Sackley was the party’s north Queensland director and its regional campaign manager at the 2019 election. Palmer spent $83.6m on his garish “Make Australia Great” election advertising. In the final weeks, the businessman changed strategy and launched a series of attacks ads designed to damage and discredit Labor, rather than attempting to win seats for the United Australia party.”

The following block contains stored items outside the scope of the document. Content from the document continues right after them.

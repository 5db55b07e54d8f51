//! Tables of tests of path_state by single blocks: what one block does to its path, that is its
//! moves, what it changes, and where control goes, or its alarm. A row is run by `lone_path`.
use crate::lone_path::{flow_of, on_one_line, put_changes, put_turn, settings_of, state_of};
use cell_settings::Settings;
use nc_number::{NoMemory, Path};
use path_state::PathState;
use std::alloc::{AllocError, Global};
use std::process::Abort;
use std::test::Fail;
use tape_flow::Flow;

/// The cell. The path begins at X100. Z50. in machine coordinates, its shift being X0 Z10.; with
/// T0101 it is X-19.5 Z5., with G55 X2. Z20. The shared variables are #500 to #599.
const CELL: &str = "\
place 1 X100. Z50.~home 1 X300. Z200.~work 1 54 X0 Z10.~work 1 55 X2. Z20.~\
tool 1 1 X-20. Z-5.~wear 1 1 X0.5 Z0~";
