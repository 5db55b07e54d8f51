//! The machine of two paths, by its public calls: a turn, an edit, a record done again, and what may
//! be seen of it. The turns themselves are in turning.rt, again.rt and editing.rt.
ghost use Rattle.std.specs.Prelude.{◌≡◌, ◌≤◌, ◌<◌, ◌+◌, ◌↔◌, IsTrue, List, [], Some, None, IfOk, OnOk, OnErr};
ghost use Rattle.nc_number.specs.declared.limits.TheConstants.{MOST_RECORDS};
ghost use Rattle.nc_number.specs.Both.{of_path};
ghost use Rattle.common_vars.specs.Writes.{IsShared, value_after};
ghost use Rattle.block_order.specs.declared.program.ControlProgram.{ControlProgram};
ghost use Rattle.motion_track.specs.Within.{AreMovesWithin};
ghost use Rattle.two_path.specs.Machine.{without_reads};
ghost use Rattle.two_path.specs.Start.{machine_at_start};
ghost use Rattle.two_path.specs.Turns.{Tapes, tapes_of, turn_of, entry_of};
ghost use Rattle.run_records.specs.Entries.{edit_of};
ghost use Rattle.two_path.specs.Edits.{behind_edit_of, edit_entry};
ghost use Rattle.two_path.specs.Joined.{AreAtTheirWaits};
ghost use Rattle.two_path.specs.Again.{IsDoneAgain, IsRefused};
ghost use Rattle.two_path.specs.Made.{answer_of, moves_of_turn, turn_with};

use crate::again::{Illegal, do_again};
use crate::editing::set;
use crate::joint::Joint;
use crate::part::Part;
use crate::turn::{Answered, Turn, TurnAnswer, Turned};
use crate::turning::take_turn;
use cell_settings::Settings;
use motion_track::LONGEST;
use nc_moves::{Alarm, MoveList};
use nc_number::{Both, NoMemory, Path, Var};
use path_state::{PathState, control_goes_as_the_flow_orders};
use run_records::{Edit, Entry};
use std::alloc::Global;
use std::marker::Model;
use tape_flow::Flow;
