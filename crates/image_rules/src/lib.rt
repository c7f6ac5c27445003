// The tests that a reader makes of a block's header.
#![tactic(auto)]

ghost use Rattle.std.specs.Prelude.{◌≡◌, ◌==◌, ◌&&◌, not, nat_lt};
ghost use Rattle.image_reasons.specs.Reasons.{first_of};
ghost use Rattle.image_rules.specs.Rules.{head_tests};

use image_layout::Head;
use image_limits::{count_fits, length_fits};
use image_progress::Progress;
use image_reasons::{Reason, Verdict};

// What the tests 7, 8, 9, 10, 12 and 13 say of a header, asked in that order; the reserved number must be the mark.
#[tactic(auto, unfolding(crate::specs::Rules::head_tests, image_reasons::specs::Reasons::first_of))]
pub fn judge_head(progress: Progress, head: Head, mark: u32) -> Verdict
    ensures { result ≡ first_of (head_tests mark progress head) }
{
    if !count_fits(head.count) {
        return Verdict::Refused(Reason::Count(head.count));
    }
    if head.number != progress.next {
        return Verdict::Refused(Reason::Number(head.number));
    }
    if differs(progress.next, head.count, progress.count) {
        return Verdict::Refused(Reason::OtherCount(head.count));
    }
    if differs(progress.next, head.release, progress.release) {
        return Verdict::Refused(Reason::OtherRelease(head.release));
    }
    if !length_fits(head.number, head.count, usize::from(head.len)) {
        return Verdict::Refused(Reason::Length(head.len));
    }
    if u32::from(head.reserved) != mark {
        return Verdict::Refused(Reason::Reserved(head.reserved));
    }
    Verdict::Accepted
}

// Before the first block has been accepted nothing is fixed, and no value differs.
fn differs(next: u32, found: u32, fixed: u32) -> bool
    ensures { result ≡ (nat_lt 0 next && not (found == fixed)) }
{
    next > 0 && found != fixed
}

Politics in the COVID-19 Era
This time there will be a significantly larger percentage of postal and pre-polling votes if the precedents of the local government elections in Brisbane on 28 March 2020 are repeated (Anthony Green 19 April 2020):
During March the Electoral Commission reacted to the emerging health emergency by encouraging voters to make use of postal and pre-poll voting. It also broadened access to telephone voting, an option previously only available for blind and low vision voters. The new public health rules prevented the Electoral Commission from visiting retirement homes and hospitals, and also prevented the use of Electoral Visitor voting.
The effect of Coronavirus on turnout was less dramatic then the impact it had on how people voted. In the Brisbane City Council Lord Mayoral election, turnout fell from 84% in 2016 to 79.9%, a drop of only 4.1%. That is a remarkable turnout given the health concerns.
But using Brisbane ward election results, on the day voting fell from 66.0% in 2016 to only 26.5% in 2020. Pre-poll voting rose from 13.2% to 28.7%, postal voting from 12.2% to 23.9%, end telephone voting recorded 8,428 votes (1.4%) compared to only 151 votes in 2016.
Absent voting also leapt from 7.4% in 2016 to 18.3% in 2020. This figure hides some of the increase in pre-poll votes. In 2016 pre-poll votes recorded outside of a voter’s home ward were recorded as pre-poll votes. In 2020 outside of ward pre-polls were counted as absent votes.
In a community under stress from both public health and financial hardships, there is certain to be a big existential factor in this year’s Queensland elections.
Many will look to guidance from strategically timed opinion polling with claims from YouGov about is incredible track record. Delaying the major polling will enable the UAP to be registered in the two forthcoming major pre-election polls.
Stresses abound in 2020 during the worst recession since the 1930s and are certain to intensify if the LNP has chance to regain control of the policy levers at state and federal levels to impose that social and workplace discipline that the corporate sector craves in difficult times.